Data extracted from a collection
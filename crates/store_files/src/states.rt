// Where storage files end.
ghost use Rattle.std.specs.Prelude.{◌≡◌, ◌<◌, AllPairs, All, Contains, IfOk, IfSome, OnOk, IsErr, IsErrOf};
ghost use Rattle.std.specs.Option.{option_map};
ghost use Rattle.disk_model.specs.Disk.{IfTold, IsIdle};
ghost use Rattle.disk_model.specs.FaultCounts.{NoFault, ReadFaultCounted};
ghost use Rattle.store_files.specs.Found.{end_found, length_on, IsFoundEnd, IsUnbarred};
ghost use Rattle.store_files.specs.Regions.{last_end};

use crate::error::FilesError;
use disk_model::{Disk, DiskError, FileName};
use map_index::MapIndex;
use mdbox_base::FileNo;
use std::alloc::Global;
use storage_files::{DiskFault, FileState};

/// The files with these numbers that are there once the disk is swept, not yet barred.
pub(crate) fn file_states<D: Disk>(
    alloc: Global,
    disk: &mut D,
    map: &MapIndex,
    numbers: &[u32],
) -> Result<Vec<FileState>, FilesError>
    requires rising { AllPairs (λ a b. a < b) numbers.now }
    ensures rising { IfOk result (λ states. AllPairs (λ a b. a.file.0 < b.file.0) states.items) }
    ensures only { IfOk result (λ states. All (λ s. Contains numbers.now s.file.0) states.items) }
    ensures ends { IfOk result (λ states. All (λ number. IsFoundEnd map.now.meaning (D.history disk.old) number (end_found number states.items)) numbers.now) }
    ensures marks { IfOk result (λ states. All (IsUnbarred map.now.meaning) states.items) }
    ensures idle { IsIdle (D.history disk.old) (D.history disk.new) }
    ensures fault { ReadFaultCounted (IsErrOf result FilesError.DiskFault) (D.faults disk.old) (D.faults disk.new) }
    ensures unfailed { (IsErrOf result FilesError.DiskFault → ⊥) → NoFault (D.faults disk.old) (D.faults disk.new) }
{
    let mut states = Vec::new(alloc);
    for number in numbers {
        if let Some(state) = state_of(disk, map, FileNo(*number))? {
            states.push(state)?;
        }
    }
    Ok(states)
}

/// A storage file as it is once the disk is swept, not yet barred. None if it is not there then.
fn state_of<D: Disk>(
    disk: &mut D,
    map: &MapIndex,
    file: FileNo,
) -> Result<Option<FileState>, DiskFault>
    ensures state { IfOk result (λ found. IfSome found (λ state. (state.file ≡ file) × IsUnbarred map.now.meaning state)) }
    ensures end { IfOk result (λ found. IsFoundEnd map.now.meaning (D.history disk.old) file.0 (option_map (λ s. s.end) found)) }
    ensures idle { IsIdle (D.history disk.old) (D.history disk.new) }
    ensures fault { ReadFaultCounted (IsErr result) (D.faults disk.old) (D.faults disk.new) }
    ensures unfailed { OnOk result (NoFault (D.faults disk.old) (D.faults disk.new)) }
{
    let sealed = map.is_sealed(file);
    let end = if sealed {
        length_of(disk, file)?
    } else {
        last_end(map, file)
    };
    Ok(end.map(|end| FileState {
        file,
        end,
        sealed,
        barred: false,
    }))
}

/// The length of a storage file, None if it isn't there.
fn length_of<D: Disk>(disk: &mut D, file: FileNo) -> Result<Option<u64>, DiskFault>
    ensures length { IfOk result (λ long. IfTold (D.history disk.old) (λ now. long ≡ length_on now file.0)) }
    ensures idle { IsIdle (D.history disk.old) (D.history disk.new) }
    ensures fault { ReadFaultCounted (IsErr result) (D.faults disk.old) (D.faults disk.new) }
    ensures unfailed { OnOk result (NoFault (D.faults disk.old) (D.faults disk.new)) }
{
    match disk.length(FileName::Mail(file.0)) {
        Ok(length) => Ok(Some(length)),
        Err(DiskError::Absent) => Ok(None),
        Err(DiskError::Failed) => Err(DiskFault),
    }
}

/// Where the last region of a storage file ends, None if no record has its region there.
fn last_end(map: &MapIndex, file: FileNo) -> Option<u64>
    ensures { result ≡ last_end map.now.meaning file.0 }
{
    let row = map.last_in_file(file)?;
    Some(u64::from(row.offset) + u64::from(row.size))
}
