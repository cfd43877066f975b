// Which storage files the map names.
ghost use Rattle.std.specs.Prelude.{◌≡◌, ◌<◌, ◌++◌, true, ℕ, AllPairs, Contains, IfOk, OnOk};
ghost use Rattle.model_meaning.specs.MapMeaning.{is_sealed};
ghost use Rattle.store_files.specs.Regions.{has_region, region_numbers};

use map_index::MapIndex;
use mdbox_base::NoMemory;
use std::alloc::Global;

/// The numbers of the files in which a record has its region or that are sealed, each once, in order.
pub(crate) fn file_numbers(alloc: Global, map: &MapIndex) -> Result<Vec<u32>, NoMemory>
    ensures rising { IfOk result (λ numbers. AllPairs (λ a b. a < b) numbers.items) }
    ensures regions { IfOk result (λ numbers. (number : ℕ) → has_region map.now.meaning number ≡ true → Contains numbers.items number) }
    ensures sealed { IfOk result (λ numbers. (number : ℕ) → is_sealed map.now.meaning number ≡ true → Contains numbers.items number) }
{
    let mut numbers = region_files(alloc, map)?;
    add_sealed(&mut numbers, map)?;
    numbers.sort_unstable();
    numbers.dedup();
    Ok(numbers)
}

/// The file of each record's region.
fn region_files(alloc: Global, map: &MapIndex) -> Result<Vec<u32>, NoMemory>
    ensures { IfOk result (λ numbers. numbers.items ≡ region_numbers map.now.meaning) }
{
    let mut numbers = Vec::with_capacity(alloc, map.rows() as usize)?;
    for place in 0..map.rows() {
        let row = map.row_at(place).unwrap();
        numbers.push(row.file.0)?;
    }
    Ok(numbers)
}

/// Adds the sealed files.
fn add_sealed(numbers: &mut Vec<u32>, map: &MapIndex) -> Result<(), NoMemory>
    ensures { OnOk result (numbers.new.items ≡ numbers.old.items ++ map.now.meaning.sealed) }
{
    for place in 0..map.sealed() {
        let file = map.sealed_at(place).unwrap();
        numbers.push(file.0)?;
    }
    Ok(())
}
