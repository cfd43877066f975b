// What a request that is done leaves of a disk.
ghost use Rattle.std.specs.Prelude.{◌≡◌, ◌++◌, ◌∷◌, false, [], ℕ, List};
ghost use Rattle.mdbox_base.specs.declared.requests.Request.{Request};
ghost use Rattle.model_lists.specs.Lists.{Lists};
ghost use Rattle.model_store.specs.Settled.{IsSettledFor};
ghost use Rattle.list_machine.specs.Run.{Run, RunEvent};
ghost use Rattle.journal.specs.Journal.{Broken, JournalStep, Requests, left_by};
ghost use Rattle.task_steps.specs.Step.{Seen};
ghost use Rattle.lanes.specs.Asked.{HasNoIdleTurn};
ghost use Rattle.lanes.specs.Worlds.{IsWorldOf, WorldValue, and_events};
ghost use Rattle.session.specs.OneRequest.{IsUnderWay};

use disk_model::Disk;

/// A world of a script becomes one of the script with the request that is asked of it and whose events follow, if the disk was settled for
/// the lists at the opening; and then, unless the store is stopped, it is settled for those that the steps made by now leave: so all that
/// is told by then is in what opens afterwards.
pub fn requests_done_are_settled<D: Disk>()
    ensures { (start : Lists) (script : Requests) (run : Run) (steps : List JournalStep) (failed : Broken) (began : Seen) (asked : ℕ × Request) (old new : WorldValue D) → IsSettledFor start began.history → HasNoIdleTurn old → IsWorldOf start script run steps failed began (D.history old.store.disk) (D.faults old.store.disk) old → IsUnderWay D.history D.faults asked old new
        → (added : List RunEvent) × (more : List JournalStep) × (broke : Broken) × IsWorldOf start (script ++ asked ∷ []) (and_events run added) (steps ++ more) broke began (D.history new.store.disk) (D.faults new.store.disk) new × (new.store.stopped ≡ false → IsSettledFor (left_by start (steps ++ more)) (D.history new.store.disk)) }
{}
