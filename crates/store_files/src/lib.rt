//! The storage files of a store as an opening finds them.
#![tactic(auto)]

pub use error::FilesError;
pub use find::find_files;
pub use laws::{found_files_are_one, highest_file_is_named};

mod barred;
mod error;
mod find;
mod laws;
mod numbers;
mod states;
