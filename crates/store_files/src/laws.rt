// Laws of the storage files that an opening finds.
ghost use Rattle.std.specs.Prelude.{◌≡◌, [], ℕ, List, Some, All};
ghost use Rattle.std.specs.List.{AllByRecursion};
ghost use Rattle.disk_model.specs.Disk.{History};
ghost use Rattle.mdbox_base.specs.declared.entries.MapEntry.{MapEntry};
ghost use Rattle.model_logs.specs.Entries.{MapInRange};
ghost use Rattle.model_meaning.specs.MapFits.{AllMapFit};
ghost use Rattle.model_meaning.specs.MapMeaning.{MapMeaning, map_meaning};
ghost use Rattle.storage_files.specs.declared.file.FileState.{FileState};
ghost use Rattle.store_files.specs.Found.{AreFilesFound, HasHighestFile};

use model_meaning::meanings_are_sound;

/// Of a disk that is modelled, an opening finds the storage files in one way.
pub fn found_files_are_one()
    ensures { (m : MapMeaning) (disk : History) (a b : List FileState) → AreFilesFound m (Some disk) a → AreFilesFound m (Some disk) b → a ≡ b }
{}

/// No entry of a map log whose entries fit names a storage file past the highest.
pub fn highest_file_is_named()
    ensures { (store : List ℕ) (entries : List MapEntry) → AllMapFit store [] entries → AllByRecursion MapInRange entries → HasHighestFile (map_meaning store entries) }
{
    meanings_are_sound();
}
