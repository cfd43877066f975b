// Why the storage files of a store were not found.
ghost use Rattle.std.specs.Prelude.{◌≡◌, Some};
ghost use Rattle.store_files.specs.Found.{files_error_text};
ghost use Rattle.store_files.specs.declared.error.FilesError.TheVariants as files_error;

use mdbox_base::NoMemory;
use std::alloc::AllocFailed;
use std::error::Error;
use std::fmt;
use storage_files::DiskFault;

/// Why the storage files of a store were not found.
#[derive(Clone, Copy, Debug, PartialEq, Eq)]
pub enum FilesError {
    /// The device failed; the disk has counted it.
    DiskFault,
    /// There was no memory.
    NoMemory,
}

impl fmt::Display for FilesError {
    ghost output = { λ error. Some (files_error_text error) };

    fn fmt<W: fmt::Write>(&self, f: &mut fmt::Formatter<W>) -> fmt::Result {
        f.write_str(match self {
            FilesError::DiskFault => "disk fault",
            FilesError::NoMemory => "out of memory",
        })
    }
}

impl Error for FilesError {}

impl From<DiskFault> for FilesError {
    ghost from_gives = { λ _ error. error ≡ files_error.DiskFault };

    fn from(_error: DiskFault) -> FilesError {
        FilesError::DiskFault
    }
}

impl From<NoMemory> for FilesError {
    ghost from_gives = { λ _ error. error ≡ files_error.NoMemory };

    fn from(_error: NoMemory) -> FilesError {
        FilesError::NoMemory
    }
}

impl<T: Drop> From<AllocFailed<T>> for FilesError {
    ghost from_gives = { λ _ error. error ≡ files_error.NoMemory };

    fn from(_error: AllocFailed<T>) -> FilesError {
        FilesError::NoMemory
    }
}
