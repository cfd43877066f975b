//! A session: requests are done as they come, over a store that is opened once, each answered before the next is read.
#![tactic(auto)]

pub use laws::requests_done_are_settled;
pub use serve::serve_session;

mod laws;
mod next;
mod one;
mod serve;
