// The next request of a session.
ghost use Rattle.std.specs.Prelude.{◌≡◌, ◌≢◌, ◌≤◌, ◌<◌, ◌+◌, IfErr, IfOk, OnOk, length};
ghost use Rattle.mdbox_base.specs.Streams.{Rose};
ghost use Rattle.request_text.specs.declared.outcome.InputRefusal.TheVariants as refusal;
ghost use Rattle.request_text.specs.declared.outcome.Outcome.TheVariants as outcome;
ghost use Rattle.session.specs.OneRequest.{EndsSession, IsOneDone, IsWaiting, extent_then};

use crate::one::serve_one;
use disk_model::Disk;
use lanes::World;
use mdbox_base::{Sink, Source};
use request_text::{InputRefusal, Outcome, outcome_of_replies};
use script_text::{Extent, Need, ScriptFlaw, TakeError, take_request};
use std::alloc::Global;

/// How many lanes a session has.
pub const LANES: u32 = 64;

/// Takes a request from the input, does it, and prints its reply; and says how far the input goes by then. An error ends the session.
pub fn serve_next<D: Disk, I: Source, O: Sink>(
    alloc: Global,
    world: &mut World<D>,
    input: &mut I,
    output: &mut O,
    at: Extent,
) -> Result<Extent, Outcome>
    requires waiting { IsWaiting world.old }
    requires few { length world.old.replies < 100000 }
    requires short { (at.octets < 10000000000000) × (at.lines < 10000000000000) }
    ensures ok { IfOk result (IsOneDone D.history D.faults world.old world.new (I.left input.old) (I.left input.new) (O.held output.old) (O.held output.new) at) }
    ensures near { IfOk result (λ next. (next.octets ≤ at.octets + 67110000) × (next.lines ≤ at.lines + 67110000)) }
    ensures err { IfErr result (EndsSession D.history D.faults world.old world.new (I.left input.old) (I.left input.new) (O.held output.old) (O.held output.new) at) }
    ensures read_fault { IfErr result (λ ended. ended ≡ outcome.ReadFault → Rose (I.faults input.old) (I.faults input.new)) }
    ensures read_quiet { IfErr result (λ ended. ended ≢ outcome.ReadFault → I.faults input.new ≡ I.faults input.old) }
    ensures write_fault { IfErr result (λ ended. ended ≡ outcome.WriteFault → Rose (O.faults output.old) (O.faults output.new)) }
    ensures write_quiet { IfErr result (λ ended. ended ≢ outcome.WriteFault → O.faults output.new ≡ O.faults output.old) }
    ensures quiet { OnOk result ((I.faults input.new ≡ I.faults input.old) × (O.faults output.new ≡ O.faults output.old)) }
    ensures counted { (I.faults input.old ≤ I.faults input.new) × (O.faults output.old ≤ O.faults output.new) }
{
    match take_request(alloc, input, LANES) {
        Ok(Some((asked, extent))) => match serve_one(alloc, world, output, asked) {
            Ok(()) => Ok(further(at, extent)),
            Err(ended) => Err(ended),
        },
        Ok(None) => Err(outcome_of_replies(world.replies())),
        Err(TakeError::Bad(need)) => Err(refused_at(at, need)),
        Err(TakeError::Fault) => Err(Outcome::ReadFault),
        Err(TakeError::NoMemory) => Err(Outcome::NoMemory),
    }
}

/// So far on.
fn further(at: Extent, extent: Extent) -> Extent
    requires at { (at.octets < 10000000000000) × (at.lines < 10000000000000) }
    requires extent { (extent.octets ≤ 67110000) × (extent.lines ≤ 67110000) }
    ensures { result ≡ extent_then at extent }
{
    Extent {
        octets: at.octets + extent.octets,
        lines: at.lines + extent.lines,
    }
}

/// The end of a session where no request stands, of which this is missing.
fn refused_at(at: Extent, need: Need) -> Outcome
    requires { at.lines < 10000000000000 }
    ensures { result ≡ outcome.InputRefused (refusal.Script (record { offset = at.octets; line = 1 + at.lines; need = need })) }
{
    Outcome::InputRefused(InputRefusal::Script(ScriptFlaw {
        offset: at.octets,
        line: 1 + at.lines,
        need,
    }))
}
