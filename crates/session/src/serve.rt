// A session, from the opening of the store to its end.
ghost use Rattle.std.specs.Prelude.{◌≡◌, ◌≢◌, ◌≤◌, [], IfErr, IfOk};
ghost use Rattle.lanes.specs.Worlds.{ArePartsOf};
ghost use Rattle.mdbox_base.specs.Streams.{Rose};
ghost use Rattle.request_text.specs.declared.outcome.Outcome.TheVariants as outcome;
ghost use Rattle.script_run.specs.Opening.{IsUnopened};
ghost use Rattle.script_text.specs.Taking.{OfSource};
ghost use Rattle.session.specs.OneRequest.{IsWaiting};
ghost use Rattle.session.specs.Rounds.{HasGone};
ghost use Rattle.session.specs.Session.{IsSessionDone};

use crate::next::{LANES, serve_next};
use disk_model::Disk;
use lanes::{
    World, WorldParts, idle_worlds_have_replied, lanes_begin, lanes_end, scripts_grow,
    worlds_begin, worlds_go_on, worlds_go_with,
};
use mdbox_base::{NoMemory, Script, Seq, Sink, Source};
use request_text::{Outcome, replies_are_told_in_order};
use script_text::{Extent, MOST_REQUESTS};
use std::alloc::Global;
use store_core::listings_are_shown;
use store_open::{OpenError, OpenRefused, open_store};

/// Opens the store; then takes requests from the input, one after another, does each, and prints its reply before the next is taken; and
/// hands the disk back.
pub fn serve_session<D: Disk, I: Source, O: Sink>(
    alloc: Global,
    disk: D,
    input: &mut I,
    output: &mut O,
) -> Result<(Outcome, D), OpenRefused<D>>
    ensures done { IfOk result (λ done. OfSource (I.left input.old) (λ octets. IsSessionDone octets (I.left input.new) (O.held output.old) (O.held output.new) (D.history disk) (D.history done.1) (D.faults disk) (D.faults done.1) done.0)) }
    ensures refused { IfErr result (λ refused. IsUnopened refused.error (D.history disk) (D.history refused.disk) (D.faults disk) (D.faults refused.disk)) }
    ensures unread { IfErr result (λ refused. input.new ≡ input.old) }
    ensures unprinted { IfErr result (λ refused. output.new ≡ output.old) }
    ensures read_fault { IfOk result (λ done. done.0 ≡ outcome.ReadFault → Rose (I.faults input.old) (I.faults input.new)) }
    ensures write_fault { IfOk result (λ done. done.0 ≡ outcome.WriteFault → Rose (O.faults output.old) (O.faults output.new)) }
    ensures read_quiet { IfOk result (λ done. done.0 ≢ outcome.ReadFault → I.faults input.new ≡ I.faults input.old) }
    ensures write_quiet { IfOk result (λ done. done.0 ≢ outcome.WriteFault → O.faults output.new ≡ O.faults output.old) }
    ensures counted { (I.faults input.old ≤ I.faults input.new) × (O.faults output.old ≤ O.faults output.new) }
{
    listings_are_shown();
    lanes_begin::<D>();
    worlds_begin::<D>();
    lanes_end::<D>();
    worlds_go_on::<D>();
    scripts_grow::<D>();
    worlds_go_with::<D>();
    idle_worlds_have_replied::<D>();
    replies_are_told_in_order();
    let Ok(parts) = parts_of(alloc) else {
        return Err(OpenRefused {
            error: OpenError::NoMemory,
            disk,
        });
    };
    match open_store(alloc, disk, LANES) {
        Ok(store) => {
            store.facts();
            let mut world = World::of(store, parts);
            let ended = serve_all(alloc, &mut world, input, output);
            world.finish();
            world.known_facts();
            let (store, _replies, _journal, _broken) = world.into_parts();
            store.facts();
            Ok((ended, store.into_disk()))
        }
        Err(refused) => Err(refused),
    }
}

/// What a world takes of memory that has no requests yet.
fn parts_of(alloc: Global) -> Result<WorldParts, NoMemory>
    ensures { IfOk result (ArePartsOf [] 64) }
{
    let script = Script {
        lanes: LANES,
        requests: Seq::empty(alloc),
    };
    WorldParts::of(alloc, script, Seq::empty(alloc))
}

/// Takes requests, does them and prints their replies, until one of these ends the session.
fn serve_all<D: Disk, I: Source, O: Sink>(
    alloc: Global,
    world: &mut World<D>,
    input: &mut I,
    output: &mut O,
) -> Outcome
    requires waiting { IsWaiting world.old }
    requires fresh { world.old.replies ≡ [] }
    ensures gone { HasGone D.history D.faults world.old world.new (I.left input.old) (I.left input.new) (O.held output.old) (O.held output.new) result }
    ensures read_fault { result ≡ outcome.ReadFault → Rose (I.faults input.old) (I.faults input.new) }
    ensures read_quiet { result ≢ outcome.ReadFault → I.faults input.new ≡ I.faults input.old }
    ensures write_fault { result ≡ outcome.WriteFault → Rose (O.faults output.old) (O.faults output.new) }
    ensures write_quiet { result ≢ outcome.WriteFault → O.faults output.new ≡ O.faults output.old }
    ensures counted { (I.faults input.old ≤ I.faults input.new) × (O.faults output.old ≤ O.faults output.new) }
{
    let mut at = Extent {
        octets: 0,
        lines: 0,
    };
    for done in 0..MOST_REQUESTS {
        match serve_next(alloc, world, input, output, at) {
            Ok(next) => at = next,
            Err(ended) => return ended,
        }
    }
    Outcome::SessionFull
}
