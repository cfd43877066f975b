// The storage files of a store that passed the checks.
ghost use Rattle.std.specs.Prelude.{◌≡◌, IfOk, IsErrOf};
ghost use Rattle.disk_model.specs.Disk.{IsIdle};
ghost use Rattle.disk_model.specs.FaultCounts.{NoFault, ReadFaultCounted};
ghost use Rattle.store_files.specs.Found.{HasHighestFile, IsFoundFiles};

use crate::barred::bar_files;
use crate::error::FilesError;
use crate::numbers::file_numbers;
use crate::states::file_states;
use disk_model::Disk;
use map_index::MapIndex;
use mdbox_base::{Seq, StoreId};
use std::alloc::Global;
use storage_files::MailFiles;

/// The storage files of a store with this id, as they stand once its disk is swept. It asks the disk for the lengths of sealed
/// files, and changes nothing.
pub fn find_files<D: Disk>(
    alloc: Global,
    disk: &mut D,
    id: StoreId,
    map: &MapIndex,
) -> Result<MailFiles, FilesError>
    requires id { map.now.meaning.store ≡ id.0 }
    requires highest { HasHighestFile map.now.meaning }
    ensures found { IfOk result (IsFoundFiles map.now.meaning (D.history disk.old)) }
    ensures idle { IsIdle (D.history disk.old) (D.history disk.new) }
    ensures fault { ReadFaultCounted (IsErrOf result FilesError.DiskFault) (D.faults disk.old) (D.faults disk.new) }
    ensures unfailed { (IsErrOf result FilesError.DiskFault → ⊥) → NoFault (D.faults disk.old) (D.faults disk.new) }
{
    let numbers = file_numbers(alloc, map)?;
    let mut states = file_states(alloc, disk, map, &numbers)?;
    bar_files(&mut states, id, map);
    let files = MailFiles::of(alloc, Seq::of(states), map.highest().file)?;
    Ok(files)
}
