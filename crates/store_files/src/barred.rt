// Storage files to which nothing is added until the next opening.
ghost use Rattle.std.specs.Prelude.{◌≡◌, ◌<◌, AllPairs, map};
ghost use Rattle.model_meaning.specs.MapMeaning.{is_own, number_at};
ghost use Rattle.store_files.specs.Barred.{barred_by, all_barred};

use map_index::MapIndex;
use mdbox_base::{Guid, StoreId};
use storage_files::FileState;

/// Bars the files that a record's GUID names at their end or past it. Each GUID is looked at once, and its file is found by
/// search.
pub(crate) fn bar_files(states: &mut [FileState], id: StoreId, map: &MapIndex)
    requires rising { AllPairs (λ a b. a.file.0 < b.file.0) states.old }
    requires id { map.now.meaning.store ≡ id.0 }
    ensures { states.new ≡ all_barred map.now.meaning states.old }
{
    for place in 0..map.rows() {
        let row = map.row_at(place).unwrap();
        bar_file(states, id, row.guid);
    }
}

/// Bars the file that a GUID of this store names at its end or past it, if there is one.
fn bar_file(states: &mut [FileState], id: StoreId, guid: Guid)
    requires rising { AllPairs (λ a b. a.file.0 < b.file.0) states.old }
    ensures { states.new ≡ map (barred_by id.0 guid.0) states.old }
{
    if !is_own(id, guid) {
        return;
    }
    if let Ok(at) = states.binary_search_by_key(&file_of(guid), |s| s.file.0) {
        if states[at].end <= u64::from(offset_of(guid)) {
            states[at].barred = true;
        }
    }
}

/// Whether the store with this id gave the GUID.
fn is_own(id: StoreId, guid: Guid) -> bool
    ensures { result ≡ is_own id.0 guid.0 }
{
    guid.0[..8] == id.0[..]
}

/// The storage file that a GUID names.
fn file_of(guid: Guid) -> u32
    ensures { result ≡ number_at 8 guid.0 }
{
    let octets = guid.0;
    u32::from_be_bytes([octets[8], octets[9], octets[10], octets[11]])
}

/// The offset that a GUID names.
fn offset_of(guid: Guid) -> u32
    ensures { result ≡ number_at 12 guid.0 }
{
    let octets = guid.0;
    u32::from_be_bytes([octets[12], octets[13], octets[14], octets[15]])
}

Activity: Every line above in which the word "OpenRefused" is present must be copied into the answer.

Solution for this task:
use store_open::{OpenError, OpenRefused, open_store};
) -> Result<(Outcome, D), OpenRefused<D>>
        return Err(OpenRefused {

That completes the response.